[Exercise requirements]
Determine how many lines of the records include "start", and answer with the number alone.

(Saved entries)
^^^^^^^^^^^^^^^^

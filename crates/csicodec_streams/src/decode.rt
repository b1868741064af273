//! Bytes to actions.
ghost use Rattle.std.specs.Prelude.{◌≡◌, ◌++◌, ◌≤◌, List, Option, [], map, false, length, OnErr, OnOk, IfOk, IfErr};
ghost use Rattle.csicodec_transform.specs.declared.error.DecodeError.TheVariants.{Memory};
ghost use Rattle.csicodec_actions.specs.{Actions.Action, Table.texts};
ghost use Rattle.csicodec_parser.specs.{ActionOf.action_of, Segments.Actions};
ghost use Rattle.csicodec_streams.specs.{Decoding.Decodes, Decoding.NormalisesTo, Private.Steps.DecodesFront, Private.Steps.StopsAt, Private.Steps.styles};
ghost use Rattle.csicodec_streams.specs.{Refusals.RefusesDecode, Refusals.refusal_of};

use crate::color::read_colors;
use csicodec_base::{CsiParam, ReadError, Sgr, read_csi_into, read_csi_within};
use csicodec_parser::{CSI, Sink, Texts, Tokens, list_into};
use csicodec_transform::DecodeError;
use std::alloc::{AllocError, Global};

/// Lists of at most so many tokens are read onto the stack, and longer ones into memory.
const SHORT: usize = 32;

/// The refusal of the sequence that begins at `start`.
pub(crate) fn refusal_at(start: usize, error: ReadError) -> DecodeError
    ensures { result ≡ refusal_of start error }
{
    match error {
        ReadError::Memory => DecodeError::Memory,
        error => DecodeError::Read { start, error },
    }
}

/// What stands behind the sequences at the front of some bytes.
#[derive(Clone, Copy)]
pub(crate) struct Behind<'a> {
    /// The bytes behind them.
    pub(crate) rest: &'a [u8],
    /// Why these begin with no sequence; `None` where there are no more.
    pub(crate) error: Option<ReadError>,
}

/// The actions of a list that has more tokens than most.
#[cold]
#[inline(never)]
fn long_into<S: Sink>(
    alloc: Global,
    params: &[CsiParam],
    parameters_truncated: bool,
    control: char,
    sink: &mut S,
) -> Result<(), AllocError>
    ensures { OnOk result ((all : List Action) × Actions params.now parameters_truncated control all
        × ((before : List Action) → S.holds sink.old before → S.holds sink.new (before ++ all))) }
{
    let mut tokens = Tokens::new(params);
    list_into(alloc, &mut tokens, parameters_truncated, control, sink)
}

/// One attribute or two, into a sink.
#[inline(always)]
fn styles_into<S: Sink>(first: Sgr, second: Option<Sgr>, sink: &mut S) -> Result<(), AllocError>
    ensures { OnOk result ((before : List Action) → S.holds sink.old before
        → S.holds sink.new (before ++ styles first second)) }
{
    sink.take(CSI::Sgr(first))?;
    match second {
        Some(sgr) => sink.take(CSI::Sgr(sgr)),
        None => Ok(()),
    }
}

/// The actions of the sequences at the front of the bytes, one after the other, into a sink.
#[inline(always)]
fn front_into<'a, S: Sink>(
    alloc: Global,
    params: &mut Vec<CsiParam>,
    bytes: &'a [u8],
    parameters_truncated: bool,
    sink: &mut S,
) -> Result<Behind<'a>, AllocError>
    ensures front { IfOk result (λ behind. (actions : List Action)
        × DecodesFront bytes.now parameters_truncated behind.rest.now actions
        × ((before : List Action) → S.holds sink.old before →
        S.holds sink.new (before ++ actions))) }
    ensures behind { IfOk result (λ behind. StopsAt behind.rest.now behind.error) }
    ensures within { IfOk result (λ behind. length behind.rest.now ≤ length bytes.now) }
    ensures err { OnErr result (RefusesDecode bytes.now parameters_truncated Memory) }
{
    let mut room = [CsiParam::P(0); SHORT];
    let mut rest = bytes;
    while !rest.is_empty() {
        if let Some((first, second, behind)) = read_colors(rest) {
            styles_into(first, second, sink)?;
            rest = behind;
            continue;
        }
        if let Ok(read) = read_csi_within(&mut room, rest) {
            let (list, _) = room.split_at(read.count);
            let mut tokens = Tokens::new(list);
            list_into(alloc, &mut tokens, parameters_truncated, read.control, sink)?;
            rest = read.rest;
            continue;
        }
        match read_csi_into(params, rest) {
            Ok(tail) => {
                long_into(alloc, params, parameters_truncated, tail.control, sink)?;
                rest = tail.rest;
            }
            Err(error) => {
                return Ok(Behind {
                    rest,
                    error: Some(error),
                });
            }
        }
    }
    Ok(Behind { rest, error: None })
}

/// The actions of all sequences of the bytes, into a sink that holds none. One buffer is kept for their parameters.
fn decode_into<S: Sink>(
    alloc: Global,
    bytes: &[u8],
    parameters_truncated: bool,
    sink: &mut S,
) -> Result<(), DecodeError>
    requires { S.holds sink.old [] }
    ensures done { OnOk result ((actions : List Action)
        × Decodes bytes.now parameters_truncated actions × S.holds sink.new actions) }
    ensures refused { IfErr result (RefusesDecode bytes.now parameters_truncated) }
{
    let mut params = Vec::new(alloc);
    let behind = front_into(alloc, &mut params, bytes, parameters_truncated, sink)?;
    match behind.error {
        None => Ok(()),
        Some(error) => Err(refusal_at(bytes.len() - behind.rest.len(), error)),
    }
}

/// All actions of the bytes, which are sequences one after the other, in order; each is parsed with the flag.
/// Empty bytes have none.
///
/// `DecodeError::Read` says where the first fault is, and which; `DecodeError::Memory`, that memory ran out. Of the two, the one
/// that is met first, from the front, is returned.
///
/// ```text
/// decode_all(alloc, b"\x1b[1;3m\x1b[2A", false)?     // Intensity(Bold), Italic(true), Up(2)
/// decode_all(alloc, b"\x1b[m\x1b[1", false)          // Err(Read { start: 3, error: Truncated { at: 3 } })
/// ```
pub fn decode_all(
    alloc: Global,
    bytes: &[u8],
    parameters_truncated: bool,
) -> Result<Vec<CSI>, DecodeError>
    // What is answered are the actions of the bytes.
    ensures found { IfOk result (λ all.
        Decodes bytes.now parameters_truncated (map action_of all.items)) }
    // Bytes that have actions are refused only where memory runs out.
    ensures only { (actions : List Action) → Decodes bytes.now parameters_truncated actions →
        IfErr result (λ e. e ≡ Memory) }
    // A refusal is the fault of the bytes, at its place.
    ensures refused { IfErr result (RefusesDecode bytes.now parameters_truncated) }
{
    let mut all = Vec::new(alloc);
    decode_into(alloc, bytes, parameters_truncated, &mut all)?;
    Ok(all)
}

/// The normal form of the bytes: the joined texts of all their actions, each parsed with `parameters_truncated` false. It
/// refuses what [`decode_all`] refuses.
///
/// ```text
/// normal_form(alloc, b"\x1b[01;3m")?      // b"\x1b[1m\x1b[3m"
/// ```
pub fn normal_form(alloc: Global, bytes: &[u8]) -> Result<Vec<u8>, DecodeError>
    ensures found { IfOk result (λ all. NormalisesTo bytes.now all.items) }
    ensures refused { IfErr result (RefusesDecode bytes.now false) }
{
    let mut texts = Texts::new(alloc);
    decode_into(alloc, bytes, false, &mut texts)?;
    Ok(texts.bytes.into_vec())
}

^^^^^^^^^^^^^^^^

[Result]
5